According to a second aspect of the present invention, there is provided the rolling support device according to the first aspect, wherein the solid lubricant is graphite fluoride.
Lubricant coatings made of graphite fluoride have better adhesion to the surface of metal rolling parts than lubricant coatings made of other solid lubricants (for example, polytetrafluoroethylene or molybdenum disulfide). It is good and has excellent lubricity and strength.

Furthermore, the rolling support device according to claim 3 of the present invention is the rolling support device according to claim 1 or 2, wherein the thickness of the lubricating coating is 0.1 μm or more and 8 μm or less. .
With such a configuration, the lubricity is good and the strength required for the lubricating coating coated on the rolling parts can be obtained. If the thickness of the lubricating coating is less than 0.1 μm, the lubricity may be insufficient. On the other hand, if the thickness exceeds 8 μm, the strength of the lubricating coating may be insufficient.
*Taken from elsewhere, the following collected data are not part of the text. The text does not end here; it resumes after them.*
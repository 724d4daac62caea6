use core_sig::{Entry, RawFamily};
use core_terms::Items;

/// Families that refer to each other as one family.
///
/// For the signature for which they were packed, the tag family has the first number that is free, and the packed family and the
/// definitions of the members have those after it. `owners` has for each constructor of the packed family the member that declares it,
/// counted from 0.
#[derive(Debug, Drop)]
pub struct Packed {
    pub tag: RawFamily,
    pub family: RawFamily,
    pub members: Items<Entry>,
    pub owners: Items<u32>,
}
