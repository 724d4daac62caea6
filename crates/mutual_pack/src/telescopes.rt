//! The telescope of induction: parameters, motives, methods.
ghost use Rattle.std.specs.Prelude.{◌≡◌, ◌≤◌, ◌<◌, ◌+◌, ◌++◌, Ok, length, map};
ghost use Rattle.core_terms.specs.Answers.{Gives};
ghost use Rattle.core_terms.specs.Meanings.{tele_of, tree_of};
ghost use Rattle.core_sig.specs.Shapes.{HaveFewArguments, constructor_shape, shape_of};
ghost use Rattle.mutual_pack.specs.Fitting.{HasFewParts, IsNear};
ghost use Rattle.mutual_pack.specs.Inductions as spec;

use crate::hypotheses::{hypotheses_over, member_type, motive};
use crate::numbers::number_at;
use crate::packed_family::PackedFamily;
use core_sig::{Constructor, Family, arguments_over, recursive_count};
use core_terms::{Binder, Stop, Tele, Term, applied_to_run, copy_tele};
use std::alloc::Global;

/// The constructor with a number at `count` arguments, whose levels begin with `first`, at a depth.
pub fn constructor_at(
    alloc: Global,
    q: PackedFamily,
    number: u32,
    first: u32,
    count: u32,
    depth: u32,
) -> Result<Term, Stop>
    requires near { IsNear q }
    requires first { first ≤ 100000 }
    requires count { count ≤ 2000 }
    ensures { Gives tree_of result (Ok (spec.constructor_at q number first count depth)) }
{
    let head = applied_to_run(alloc, Term::Con(q.tag + 1, number), depth, 0, q.params)?;
    applied_to_run(alloc, head, depth, first, count)
}

/// The type of the method for a constructor of member j, at a depth.
fn method_type(
    alloc: Global,
    q: PackedFamily,
    j: u32,
    number: u32,
    depth: u32,
    con: &Constructor,
) -> Result<Term, Stop>
    requires near { IsNear q }
    requires few { length con.now.args ≤ 2000 }
    requires depth { depth ≤ 10000 }
    ensures { Gives tree_of result (Ok (spec.method_type q j number depth (constructor_shape con.now))) }
{
    let args = con.args.as_slice();
    let count = args.len() as u32;
    let inside = depth + count;
    let behind = inside + recursive_count(args);
    let whole = constructor_at(alloc, q, number, depth, count, behind);
    let end = Term::application_of(alloc, Ok(motive(q, j, behind)), whole)?;
    let end = hypotheses_over(alloc, q, depth, 0, inside, args, end)?;
    let runs = [(0, q.params), (depth, count)];
    arguments_over(alloc, Binder::Product, &runs, q.params, depth, args, end)
}

/// The type of the motive of member k, at a depth.
fn motive_type(alloc: Global, q: PackedFamily, k: u32, depth: u32) -> Result<Term, Stop>
    requires near { IsNear q }
    requires member { k < 2000 }
    ensures { Gives tree_of result (Ok (spec.motive_type q k depth)) }
{
    let domain = member_type(alloc, q, k, depth);
    Term::product_of(alloc, domain, Ok(Term::Sort(q.level)))
}

/// The types of the motives of `count` members from `k` on, at a depth, after the types that are there.
#[tactic(auto, using(tele_eq::proofs::Growing::growing))]
fn with_motives(
    alloc: Global,
    q: PackedFamily,
    k: u32,
    depth: u32,
    count: u32,
    mut tele: Tele,
) -> Result<Tele, Stop>
    requires near { IsNear q }
    requires members { k + count ≤ 2000 }
    requires depth { depth + count ≤ 10000 }
    ensures { Gives tele_of result (Ok (tele_of tele ++ spec.motive_types q k depth count)) }
{
    if count == 0 {
        return Ok(tele);
    }
    tele.push(motive_type(alloc, q, k, depth)?)?;
    with_motives(alloc, q, k + 1, depth + 1, count - 1, tele)
}

/// The types of the methods for the constructors from `number` on, at a depth, after the types that are there.
#[tactic(auto, using(tele_eq::proofs::Growing::growing))]
fn with_methods(
    alloc: Global,
    q: PackedFamily,
    owners: &[u32],
    number: u32,
    depth: u32,
    cons: &[Constructor],
    mut tele: Tele,
) -> Result<Tele, Stop>
    requires near { IsNear q }
    requires few { HaveFewArguments (map constructor_shape cons.now) }
    requires number { number + length cons.now ≤ 2000 }
    requires depth { depth + length cons.now ≤ 10000 }
    ensures { Gives tele_of result (Ok (tele_of tele ++ spec.method_types q owners.now number depth (map constructor_shape cons.now))) }
{
    match cons {
        [] => Ok(tele),
        [con, rest @ ..] => {
            let j = number_at(owners, number);
            tele.push(method_type(alloc, q, j, number, depth, con)?)?;
            with_methods(alloc, q, owners, number + 1, depth + 1, rest, tele)
        }
    }
}

/// Parameters, motives and methods.
pub fn induction_telescope(
    alloc: Global,
    q: PackedFamily,
    owners: &[u32],
    f: &Family,
) -> Result<Tele, Stop>
    requires near { IsNear q }
    requires few { HasFewParts (shape_of f.now) }
    ensures { Gives tele_of result (Ok (spec.induction_telescope q owners.now (shape_of f.now))) }
{
    let tele = copy_tele(alloc, f.params.as_slice())?;
    let tele = with_motives(alloc, q, 0, q.params, q.members, tele)?;
    with_methods(
        alloc,
        q,
        owners,
        0,
        q.params + q.members,
        f.cons.as_slice(),
        tele,
    )
}

/// How many variables these are.
pub fn induction_size(q: PackedFamily) -> u32
    requires near { IsNear q }
    ensures is { result ≡ spec.induction_size q }
    ensures small { result ≤ 6000 }
{
    q.params + q.members + q.constructors
}
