//! Families that refer to each other: one family over tags that stands for all of them, and induction over them.
#![tactic(auto)]

mod bounding;
mod equations;
mod fitting;
mod hypotheses;
mod inductions;
pub mod laws;
mod levels;
mod members;
mod naming;
mod numbers;
mod packed;
mod packed_entries;
mod packed_family;
mod packed_types;
mod packing;
mod positions;
mod recursions;
mod selecting;
mod stop;
mod telescopes;

pub use equations::induction_equation;
pub use inductions::induction_entries;
pub use packed::Packed;
pub use packing::pack;
pub use stop::MutualStop;
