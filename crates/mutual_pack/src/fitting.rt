ghost use Rattle.std.specs.Prelude.{◌↔◌, IsTrue, map};
ghost use Rattle.core_sig.specs.Shapes.{HaveFewArguments, constructor_shape, shape_of};
ghost use Rattle.mutual_pack.specs.MutualFamilies.{packed_of};
ghost use Rattle.mutual_pack.specs.Fitting.{FitsInduction};

use crate::Packed;
use core_sig::{Constructor, Family};
use core_terms::MAX_HEIGHT;

fn have_few_arguments(cons: &[Constructor]) -> bool
    ensures { IsTrue result ↔ HaveFewArguments (map constructor_shape cons.now) }
{
    match cons {
        [] => true,
        [con, rest @ ..] => {
            con.args.as_slice().len() <= MAX_HEIGHT as usize && have_few_arguments(rest)
        }
    }
}

/// Whether the lists are not longer than a term is high. Takes no memory.
pub fn fits_induction(packed: &Packed, f: &Family) -> bool
    ensures { IsTrue result ↔ FitsInduction (packed_of packed.now) (shape_of f.now) }
{
    let params = f.params.as_slice().len();
    let members = packed.members.as_slice().len();
    let cons = f.cons.as_slice();
    let most = MAX_HEIGHT as usize;
    params <= most && members <= most && cons.len() <= most && have_few_arguments(cons)
}
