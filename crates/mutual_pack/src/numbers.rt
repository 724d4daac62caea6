//! What is read off a packed family: numbers and a level.
ghost use Rattle.std.specs.Prelude.{◌≡◌, Some, IfOk, OnErr, get_or, slice_get};
ghost use Rattle.theory.specs.Signatures.{FamilyOf};
ghost use Rattle.theory.specs.SignatureScopes.{IsFamilyNumber};
ghost use Rattle.core_terms.specs.Meanings.{tree_of};
ghost use Rattle.core_terms.specs.declared.stop.Stop.TheVariants.{Memory};
ghost use Rattle.core_sig.specs.Kinds.{HasKinds};
ghost use Rattle.core_sig.specs.Meanings.{family_of};
ghost use Rattle.core_sig.specs.Shapes.{shape_of};
ghost use Rattle.mutual_pack.specs.MutualFamilies.{packed_of};
ghost use Rattle.mutual_pack.specs.Fitting.{FitsInduction, IsNear};
ghost use Rattle.mutual_pack.specs.Inductions as spec;

use crate::Packed;
use crate::packed_family::PackedFamily;
use core_sig::{Entry, Family, Signature};
use core_terms::{Stop, Term, number_of};

/// The number of T, from the type `T -> Type l`.
pub fn tag_number(ty: &Term) -> u32
    ensures { result ≡ spec.tag_number (tree_of ty.now) }
{
    match ty {
        Term::Pi(a, _) => family_number(a),
        _ => 0,
    }
}

fn family_number(t: &Term) -> u32
    ensures { result ≡ spec.family_number (tree_of t.now) }
{
    match t {
        Term::Fam(n) => *n,
        _ => 0,
    }
}

/// The level l.
pub fn level_in(ty: &Term) -> u8
    ensures { result ≡ spec.level_in (tree_of ty.now) }
{
    match ty {
        Term::Pi(_, b) => sort_level(b),
        _ => 0,
    }
}

fn sort_level(t: &Term) -> u8
    ensures { result ≡ spec.sort_level (tree_of t.now) }
{
    match t {
        Term::Sort(l) => *l,
        _ => 0,
    }
}

/// The numbers of a packed family, which is family `f` of the signature. Memory where those of the members do not fit 32 bits.
pub fn packed_numbers(packed: &Packed, f: &Family) -> Result<PackedFamily, Stop>
    requires fits { FitsInduction (packed_of packed.now) (shape_of f.now) }
    ensures ok { IfOk result (λ q. q ≡ spec.packed_numbers (packed_of packed.now) (shape_of f.now)) }
    ensures near { IfOk result IsNear }
    ensures memory { OnErr result (result ≡ Err Memory) }
{
    let tag = tag_number(&packed.family.ty);
    // those of the packed family, and of at most 2,000 members
    number_of(tag as usize + 2002)?;
    Ok(PackedFamily {
        tag,
        params: f.params.as_slice().len() as u32,
        members: packed.members.as_slice().len() as u32,
        constructors: f.cons.as_slice().len() as u32,
        level: level_in(&packed.family.ty),
    })
}

/// The family of the signature that is the packed one. Memory where its number does not fit 32 bits.
pub fn packed_family<'a>(sig: &'a Signature, packed: &Packed) -> Result<&'a Family, Stop>
    requires { IsFamilyNumber sig.now (spec.packed_number (packed_of packed.now)) }
    ensures family { IfOk result (λ f. slice_get sig.now.entries (spec.packed_number (packed_of packed.now)) ≡ Some (FamilyOf (family_of f.now))) }
    ensures kinds { IfOk result (λ f. HasKinds (spec.packed_number (packed_of packed.now)) f.now) }
    ensures memory { OnErr result (result ≡ Err Memory) }
{
    let number = number_of(tag_number(&packed.family.ty) as usize + 1)?;
    match sig.entry(number) {
        Some(Entry::Family(f)) => Ok(f),
        _ => unreachable!(),
    }
}

/// A number of a list, or 0.
pub fn number_at(numbers: &[u32], at: u32) -> u32
    ensures { result ≡ get_or numbers.now at 0 }
{
    match numbers.get(at as usize) {
        Some(n) => *n,
        None => 0,
    }
}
Furthermore, the rolling support apparatus of Claim 4 which concerns on this invention is a rolling support apparatus as described in any one of Claims 1-3, The track surface of said 1st member, The track surface of said 2nd member, and A minute recess having a depth of 0.1 μm or more and 5 μm or less is formed in at least a portion of the rolling surface of the rolling element provided with the lubricating coating.
Since the lubricant film is filled in the minute recesses formed on the surface, the lubricant film can be formed in close contact with the surface of the rolling part. If the depth of the minute recess is less than 0.1 μm, good adhesion of the lubricating coating may not be obtained. However, even if it exceeds 5 μm, no further effect can be expected. Therefore, the depth of the minute recess is preferably 5 μm or less.

Furthermore, the rolling support apparatus of Claim 5 which concerns on this invention is a rolling support apparatus as described in any one of Claims 1-4, The track surface of said 1st member, The track surface of said 2nd member, and At least a portion of the rolling surface of the rolling element provided with the lubricating coating has a center line average roughness Ra of 0.1 μm or more and 0.5 μm or less.
With such a configuration, the acoustic characteristics and vibration characteristics of the rolling support device are good. If the center line average roughness Ra of the surface is more than 0.5 μm, the acoustic characteristics and vibration characteristics may be insufficient. On the other hand, if the center line average roughness Ra is less than 0.1 μm, the rolling support device may be expensive.

Furthermore, the rolling support apparatus of Claim 6 which concerns on this invention is the rolling support apparatus as described in any one of Claims 1-5. WHEREIN: The said lubricating coating is the shot-peening method which projects the powder of the said solid lubricant. It is formed by these.
Examples of the method for forming the lubricating film include coating, baking, thermal spraying, sputtering, ion plating, and shot peening. In order to improve the surface hardness of the rolling parts after the lubricating film is formed, Peening is preferred.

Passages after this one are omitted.